◆ THE TASK ◆
Find each line of the material below in which the word "room" occurs, and return it.

◆ DATA PROVIDED ◆
Segment Open

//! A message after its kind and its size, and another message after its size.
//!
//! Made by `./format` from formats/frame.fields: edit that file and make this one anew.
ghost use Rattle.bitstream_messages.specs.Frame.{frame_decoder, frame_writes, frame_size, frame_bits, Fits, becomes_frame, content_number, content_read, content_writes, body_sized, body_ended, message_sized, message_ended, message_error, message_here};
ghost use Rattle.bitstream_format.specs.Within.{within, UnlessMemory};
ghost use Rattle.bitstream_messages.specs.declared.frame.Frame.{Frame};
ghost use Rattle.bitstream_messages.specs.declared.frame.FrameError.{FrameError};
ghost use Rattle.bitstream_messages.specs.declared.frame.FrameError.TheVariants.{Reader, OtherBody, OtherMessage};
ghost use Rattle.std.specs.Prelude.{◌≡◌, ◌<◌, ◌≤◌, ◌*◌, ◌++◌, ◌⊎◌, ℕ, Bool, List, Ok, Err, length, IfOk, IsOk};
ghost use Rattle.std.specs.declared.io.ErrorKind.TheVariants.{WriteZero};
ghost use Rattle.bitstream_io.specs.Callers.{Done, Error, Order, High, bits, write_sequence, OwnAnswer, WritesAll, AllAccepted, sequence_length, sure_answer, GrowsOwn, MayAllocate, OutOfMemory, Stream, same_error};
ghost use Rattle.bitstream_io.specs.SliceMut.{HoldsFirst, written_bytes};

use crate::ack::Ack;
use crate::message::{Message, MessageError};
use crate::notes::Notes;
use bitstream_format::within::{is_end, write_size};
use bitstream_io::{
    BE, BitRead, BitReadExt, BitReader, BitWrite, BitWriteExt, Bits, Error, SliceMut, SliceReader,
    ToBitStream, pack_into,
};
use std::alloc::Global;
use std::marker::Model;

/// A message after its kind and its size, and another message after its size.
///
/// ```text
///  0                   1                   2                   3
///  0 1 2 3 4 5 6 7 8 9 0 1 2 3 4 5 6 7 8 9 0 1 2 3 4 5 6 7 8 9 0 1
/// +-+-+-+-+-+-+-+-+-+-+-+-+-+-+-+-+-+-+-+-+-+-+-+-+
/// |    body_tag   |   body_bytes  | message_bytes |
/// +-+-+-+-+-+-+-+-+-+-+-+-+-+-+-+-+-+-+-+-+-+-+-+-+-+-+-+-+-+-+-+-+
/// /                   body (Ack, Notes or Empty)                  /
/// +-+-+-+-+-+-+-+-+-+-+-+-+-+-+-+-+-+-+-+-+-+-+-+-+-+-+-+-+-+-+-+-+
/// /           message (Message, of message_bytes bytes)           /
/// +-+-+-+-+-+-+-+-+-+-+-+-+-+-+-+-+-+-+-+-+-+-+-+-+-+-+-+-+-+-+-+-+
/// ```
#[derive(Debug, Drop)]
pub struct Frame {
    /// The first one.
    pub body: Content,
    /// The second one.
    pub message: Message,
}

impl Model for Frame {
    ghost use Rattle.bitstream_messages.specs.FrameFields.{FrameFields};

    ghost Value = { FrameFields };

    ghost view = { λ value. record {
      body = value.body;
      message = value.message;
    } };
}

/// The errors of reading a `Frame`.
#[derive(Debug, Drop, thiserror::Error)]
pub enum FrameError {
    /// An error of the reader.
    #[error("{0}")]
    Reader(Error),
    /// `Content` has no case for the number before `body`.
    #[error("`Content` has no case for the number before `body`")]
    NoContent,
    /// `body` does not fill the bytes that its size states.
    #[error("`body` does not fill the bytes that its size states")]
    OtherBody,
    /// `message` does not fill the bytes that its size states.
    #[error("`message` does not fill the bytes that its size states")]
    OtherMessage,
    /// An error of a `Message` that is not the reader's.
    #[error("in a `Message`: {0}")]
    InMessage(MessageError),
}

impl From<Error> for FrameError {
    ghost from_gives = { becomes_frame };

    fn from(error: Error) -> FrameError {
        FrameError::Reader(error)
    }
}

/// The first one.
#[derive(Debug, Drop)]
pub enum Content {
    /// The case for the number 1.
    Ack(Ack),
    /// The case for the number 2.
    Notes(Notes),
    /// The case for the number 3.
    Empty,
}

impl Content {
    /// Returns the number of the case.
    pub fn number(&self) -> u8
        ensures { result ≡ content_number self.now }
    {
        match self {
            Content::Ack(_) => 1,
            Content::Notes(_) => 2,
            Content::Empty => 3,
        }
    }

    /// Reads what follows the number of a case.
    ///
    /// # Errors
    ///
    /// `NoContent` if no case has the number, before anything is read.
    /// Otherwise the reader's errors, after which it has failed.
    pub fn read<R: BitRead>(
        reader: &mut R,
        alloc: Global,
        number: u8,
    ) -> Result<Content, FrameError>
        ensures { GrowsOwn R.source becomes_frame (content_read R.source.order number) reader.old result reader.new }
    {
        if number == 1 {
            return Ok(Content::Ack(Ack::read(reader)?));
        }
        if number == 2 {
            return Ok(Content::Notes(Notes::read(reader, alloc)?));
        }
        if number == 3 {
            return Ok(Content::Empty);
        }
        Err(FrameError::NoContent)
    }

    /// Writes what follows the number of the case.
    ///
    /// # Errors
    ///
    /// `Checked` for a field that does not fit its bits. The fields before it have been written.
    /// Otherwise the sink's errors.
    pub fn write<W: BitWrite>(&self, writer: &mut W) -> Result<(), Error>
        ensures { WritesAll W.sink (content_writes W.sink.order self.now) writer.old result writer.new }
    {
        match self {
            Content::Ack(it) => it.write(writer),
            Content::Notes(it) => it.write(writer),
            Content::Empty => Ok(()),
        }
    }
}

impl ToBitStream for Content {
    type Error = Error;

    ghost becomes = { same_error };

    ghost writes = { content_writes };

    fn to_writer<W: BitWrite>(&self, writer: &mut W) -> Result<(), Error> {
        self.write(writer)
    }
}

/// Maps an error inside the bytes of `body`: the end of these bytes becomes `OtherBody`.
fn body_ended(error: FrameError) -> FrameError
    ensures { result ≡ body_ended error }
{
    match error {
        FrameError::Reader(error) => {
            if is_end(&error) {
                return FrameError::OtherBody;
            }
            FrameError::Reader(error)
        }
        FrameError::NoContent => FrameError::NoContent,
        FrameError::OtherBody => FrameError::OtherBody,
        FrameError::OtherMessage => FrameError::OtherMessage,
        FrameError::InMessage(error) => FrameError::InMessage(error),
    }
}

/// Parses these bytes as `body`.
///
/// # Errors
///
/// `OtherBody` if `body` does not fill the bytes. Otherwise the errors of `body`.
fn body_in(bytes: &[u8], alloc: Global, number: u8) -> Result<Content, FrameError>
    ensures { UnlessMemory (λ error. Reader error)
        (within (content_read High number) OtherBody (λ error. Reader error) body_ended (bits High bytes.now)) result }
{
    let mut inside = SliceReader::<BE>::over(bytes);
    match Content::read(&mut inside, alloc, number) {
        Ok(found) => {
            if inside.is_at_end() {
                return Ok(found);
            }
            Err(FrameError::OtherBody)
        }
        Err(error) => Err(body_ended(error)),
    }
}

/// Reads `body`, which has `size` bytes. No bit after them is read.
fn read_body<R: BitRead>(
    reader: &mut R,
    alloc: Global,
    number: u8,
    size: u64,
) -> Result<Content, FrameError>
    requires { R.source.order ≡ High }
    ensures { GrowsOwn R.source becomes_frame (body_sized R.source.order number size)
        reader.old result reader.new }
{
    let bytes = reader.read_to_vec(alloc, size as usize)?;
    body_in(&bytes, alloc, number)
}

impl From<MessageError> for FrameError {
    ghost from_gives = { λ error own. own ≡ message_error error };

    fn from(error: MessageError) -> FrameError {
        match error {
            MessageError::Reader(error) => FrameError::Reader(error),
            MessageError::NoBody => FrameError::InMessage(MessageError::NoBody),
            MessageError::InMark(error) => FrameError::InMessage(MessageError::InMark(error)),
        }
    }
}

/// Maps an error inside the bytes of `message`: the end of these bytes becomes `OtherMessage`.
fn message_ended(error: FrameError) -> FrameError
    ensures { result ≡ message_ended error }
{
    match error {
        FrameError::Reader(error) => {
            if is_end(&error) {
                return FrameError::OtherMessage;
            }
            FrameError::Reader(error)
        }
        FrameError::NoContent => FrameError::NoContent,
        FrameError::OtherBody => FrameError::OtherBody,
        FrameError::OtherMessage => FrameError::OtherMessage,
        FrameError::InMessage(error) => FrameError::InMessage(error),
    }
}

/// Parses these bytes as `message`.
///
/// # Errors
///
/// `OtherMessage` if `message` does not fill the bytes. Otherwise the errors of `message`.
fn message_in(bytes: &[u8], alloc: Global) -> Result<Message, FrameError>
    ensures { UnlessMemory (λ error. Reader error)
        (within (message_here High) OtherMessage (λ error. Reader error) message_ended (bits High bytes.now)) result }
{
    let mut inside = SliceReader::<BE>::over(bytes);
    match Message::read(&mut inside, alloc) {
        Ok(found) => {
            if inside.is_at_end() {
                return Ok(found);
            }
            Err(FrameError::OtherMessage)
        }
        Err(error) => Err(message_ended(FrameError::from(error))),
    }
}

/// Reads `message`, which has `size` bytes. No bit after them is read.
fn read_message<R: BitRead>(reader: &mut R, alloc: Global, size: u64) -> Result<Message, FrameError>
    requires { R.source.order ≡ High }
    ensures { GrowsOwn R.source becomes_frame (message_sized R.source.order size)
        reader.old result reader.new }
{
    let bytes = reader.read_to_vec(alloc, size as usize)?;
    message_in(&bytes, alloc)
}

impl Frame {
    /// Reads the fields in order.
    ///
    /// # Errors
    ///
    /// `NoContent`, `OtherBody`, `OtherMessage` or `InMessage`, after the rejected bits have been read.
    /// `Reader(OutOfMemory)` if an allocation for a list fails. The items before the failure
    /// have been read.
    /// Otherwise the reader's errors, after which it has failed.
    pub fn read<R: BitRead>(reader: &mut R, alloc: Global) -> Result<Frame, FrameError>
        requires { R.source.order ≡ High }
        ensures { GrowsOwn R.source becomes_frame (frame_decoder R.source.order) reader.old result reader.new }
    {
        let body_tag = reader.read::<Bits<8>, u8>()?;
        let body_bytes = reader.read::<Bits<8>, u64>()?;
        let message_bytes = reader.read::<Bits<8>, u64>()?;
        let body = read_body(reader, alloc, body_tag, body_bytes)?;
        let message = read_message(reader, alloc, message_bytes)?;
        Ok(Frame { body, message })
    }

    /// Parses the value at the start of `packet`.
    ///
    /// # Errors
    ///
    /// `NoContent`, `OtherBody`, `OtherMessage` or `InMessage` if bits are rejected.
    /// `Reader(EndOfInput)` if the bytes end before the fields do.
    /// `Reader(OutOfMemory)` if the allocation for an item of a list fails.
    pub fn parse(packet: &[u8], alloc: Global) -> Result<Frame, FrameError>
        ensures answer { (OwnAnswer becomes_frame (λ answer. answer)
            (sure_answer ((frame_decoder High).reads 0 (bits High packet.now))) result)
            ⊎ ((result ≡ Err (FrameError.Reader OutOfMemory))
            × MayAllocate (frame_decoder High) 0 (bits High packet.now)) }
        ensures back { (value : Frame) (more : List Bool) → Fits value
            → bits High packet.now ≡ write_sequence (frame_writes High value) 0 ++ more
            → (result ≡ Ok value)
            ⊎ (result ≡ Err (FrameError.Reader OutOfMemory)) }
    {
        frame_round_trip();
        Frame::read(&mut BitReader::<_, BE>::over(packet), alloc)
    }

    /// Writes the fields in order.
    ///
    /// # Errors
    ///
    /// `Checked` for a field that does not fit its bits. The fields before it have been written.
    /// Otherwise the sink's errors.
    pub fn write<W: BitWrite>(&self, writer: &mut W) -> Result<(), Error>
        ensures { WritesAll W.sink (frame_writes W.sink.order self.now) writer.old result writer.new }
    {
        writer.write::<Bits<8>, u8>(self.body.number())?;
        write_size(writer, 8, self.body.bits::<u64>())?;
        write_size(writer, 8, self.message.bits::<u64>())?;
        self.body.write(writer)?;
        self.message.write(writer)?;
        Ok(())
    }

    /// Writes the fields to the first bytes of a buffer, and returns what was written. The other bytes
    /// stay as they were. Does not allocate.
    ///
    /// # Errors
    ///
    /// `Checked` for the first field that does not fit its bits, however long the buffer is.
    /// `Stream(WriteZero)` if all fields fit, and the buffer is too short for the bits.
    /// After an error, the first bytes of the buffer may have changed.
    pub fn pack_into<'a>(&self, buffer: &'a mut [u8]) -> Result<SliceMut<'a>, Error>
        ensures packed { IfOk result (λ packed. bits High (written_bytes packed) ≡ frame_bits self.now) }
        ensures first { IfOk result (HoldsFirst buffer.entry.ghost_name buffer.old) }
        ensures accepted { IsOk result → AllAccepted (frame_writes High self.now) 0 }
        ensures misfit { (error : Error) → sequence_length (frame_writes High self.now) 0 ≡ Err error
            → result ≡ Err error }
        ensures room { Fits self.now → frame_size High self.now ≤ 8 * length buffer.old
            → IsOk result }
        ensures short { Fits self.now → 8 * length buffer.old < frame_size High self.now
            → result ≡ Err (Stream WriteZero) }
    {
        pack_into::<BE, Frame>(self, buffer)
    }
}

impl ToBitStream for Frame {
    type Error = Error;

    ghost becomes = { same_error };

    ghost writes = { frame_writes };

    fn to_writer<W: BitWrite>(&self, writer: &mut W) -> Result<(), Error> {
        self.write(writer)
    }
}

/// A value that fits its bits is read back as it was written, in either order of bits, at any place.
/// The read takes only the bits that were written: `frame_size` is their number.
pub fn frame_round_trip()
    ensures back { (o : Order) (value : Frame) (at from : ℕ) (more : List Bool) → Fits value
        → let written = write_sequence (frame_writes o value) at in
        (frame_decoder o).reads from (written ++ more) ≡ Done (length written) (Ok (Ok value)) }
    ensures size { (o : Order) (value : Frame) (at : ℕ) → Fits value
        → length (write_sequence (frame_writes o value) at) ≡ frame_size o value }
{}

Segment Closed
Segment Open

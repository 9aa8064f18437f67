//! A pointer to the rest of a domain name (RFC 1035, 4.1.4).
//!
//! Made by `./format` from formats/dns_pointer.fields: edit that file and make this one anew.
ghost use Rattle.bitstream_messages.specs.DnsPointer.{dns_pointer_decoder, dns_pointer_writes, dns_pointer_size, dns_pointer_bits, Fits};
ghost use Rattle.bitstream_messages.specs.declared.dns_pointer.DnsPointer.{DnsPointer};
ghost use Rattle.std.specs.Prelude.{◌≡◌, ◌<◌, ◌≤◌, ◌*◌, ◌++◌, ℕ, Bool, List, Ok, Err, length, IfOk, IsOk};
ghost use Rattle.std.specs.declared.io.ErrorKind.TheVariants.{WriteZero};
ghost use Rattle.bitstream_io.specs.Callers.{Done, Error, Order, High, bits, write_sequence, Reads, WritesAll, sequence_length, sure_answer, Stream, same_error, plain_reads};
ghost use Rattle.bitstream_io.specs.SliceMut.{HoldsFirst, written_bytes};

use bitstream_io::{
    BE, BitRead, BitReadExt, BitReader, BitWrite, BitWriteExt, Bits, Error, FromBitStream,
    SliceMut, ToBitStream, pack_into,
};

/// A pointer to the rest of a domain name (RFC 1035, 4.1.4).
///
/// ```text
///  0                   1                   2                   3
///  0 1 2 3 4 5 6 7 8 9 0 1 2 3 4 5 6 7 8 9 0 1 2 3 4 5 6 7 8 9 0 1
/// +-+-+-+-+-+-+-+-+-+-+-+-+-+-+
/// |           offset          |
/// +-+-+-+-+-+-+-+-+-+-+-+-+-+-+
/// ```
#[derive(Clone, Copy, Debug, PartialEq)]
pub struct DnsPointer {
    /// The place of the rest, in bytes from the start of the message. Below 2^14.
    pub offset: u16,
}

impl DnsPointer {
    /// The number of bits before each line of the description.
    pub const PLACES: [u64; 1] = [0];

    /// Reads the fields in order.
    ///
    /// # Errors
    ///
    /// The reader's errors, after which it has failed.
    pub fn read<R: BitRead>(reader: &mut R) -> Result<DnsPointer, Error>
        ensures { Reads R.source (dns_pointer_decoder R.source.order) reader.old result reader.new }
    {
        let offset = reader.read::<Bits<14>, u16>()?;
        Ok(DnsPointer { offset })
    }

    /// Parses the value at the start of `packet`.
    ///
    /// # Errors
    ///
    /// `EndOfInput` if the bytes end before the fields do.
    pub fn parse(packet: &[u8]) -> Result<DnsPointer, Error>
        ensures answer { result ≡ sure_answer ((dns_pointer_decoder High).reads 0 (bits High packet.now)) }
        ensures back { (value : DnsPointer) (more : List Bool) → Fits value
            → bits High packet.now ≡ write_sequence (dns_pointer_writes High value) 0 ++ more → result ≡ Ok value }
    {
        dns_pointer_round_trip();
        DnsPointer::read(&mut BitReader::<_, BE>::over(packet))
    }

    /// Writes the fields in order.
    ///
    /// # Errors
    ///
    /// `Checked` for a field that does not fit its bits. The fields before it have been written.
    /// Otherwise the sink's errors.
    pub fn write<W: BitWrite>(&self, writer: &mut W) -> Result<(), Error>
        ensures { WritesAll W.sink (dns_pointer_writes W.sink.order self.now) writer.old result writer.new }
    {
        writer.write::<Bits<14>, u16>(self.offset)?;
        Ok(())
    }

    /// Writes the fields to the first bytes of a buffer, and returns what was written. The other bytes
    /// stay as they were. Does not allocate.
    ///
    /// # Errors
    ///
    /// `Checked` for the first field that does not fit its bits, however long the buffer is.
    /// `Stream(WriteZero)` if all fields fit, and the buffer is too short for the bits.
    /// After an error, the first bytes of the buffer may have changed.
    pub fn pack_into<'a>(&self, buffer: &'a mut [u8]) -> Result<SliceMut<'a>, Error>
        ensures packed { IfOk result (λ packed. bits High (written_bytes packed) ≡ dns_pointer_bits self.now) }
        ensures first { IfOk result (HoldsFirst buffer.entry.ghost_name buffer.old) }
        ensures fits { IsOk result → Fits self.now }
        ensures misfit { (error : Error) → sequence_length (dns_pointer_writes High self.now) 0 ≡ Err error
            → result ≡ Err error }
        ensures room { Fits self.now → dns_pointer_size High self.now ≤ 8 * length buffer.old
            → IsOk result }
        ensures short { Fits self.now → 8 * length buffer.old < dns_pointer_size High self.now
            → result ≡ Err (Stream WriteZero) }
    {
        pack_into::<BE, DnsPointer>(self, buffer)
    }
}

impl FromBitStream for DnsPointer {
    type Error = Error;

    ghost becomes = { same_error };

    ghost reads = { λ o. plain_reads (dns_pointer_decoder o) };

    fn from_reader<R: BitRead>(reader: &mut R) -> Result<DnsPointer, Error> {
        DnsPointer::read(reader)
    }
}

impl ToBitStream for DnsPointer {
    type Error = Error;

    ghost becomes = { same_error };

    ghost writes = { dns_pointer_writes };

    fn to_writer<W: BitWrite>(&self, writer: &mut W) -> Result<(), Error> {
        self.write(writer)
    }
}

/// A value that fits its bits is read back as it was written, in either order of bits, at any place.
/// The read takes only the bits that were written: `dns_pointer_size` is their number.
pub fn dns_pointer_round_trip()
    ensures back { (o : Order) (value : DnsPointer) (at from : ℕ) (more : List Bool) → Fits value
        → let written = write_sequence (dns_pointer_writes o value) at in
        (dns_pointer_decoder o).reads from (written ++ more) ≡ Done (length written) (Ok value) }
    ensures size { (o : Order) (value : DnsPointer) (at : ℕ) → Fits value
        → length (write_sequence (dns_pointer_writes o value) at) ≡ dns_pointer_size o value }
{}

Segment Closed

◆ ANSWER TO THE EXERCISE ◆
        ensures room { Fits self.now → frame_size High self.now ≤ 8 * length buffer.old
        ensures room { Fits self.now → dns_pointer_size High self.now ≤ 8 * length buffer.old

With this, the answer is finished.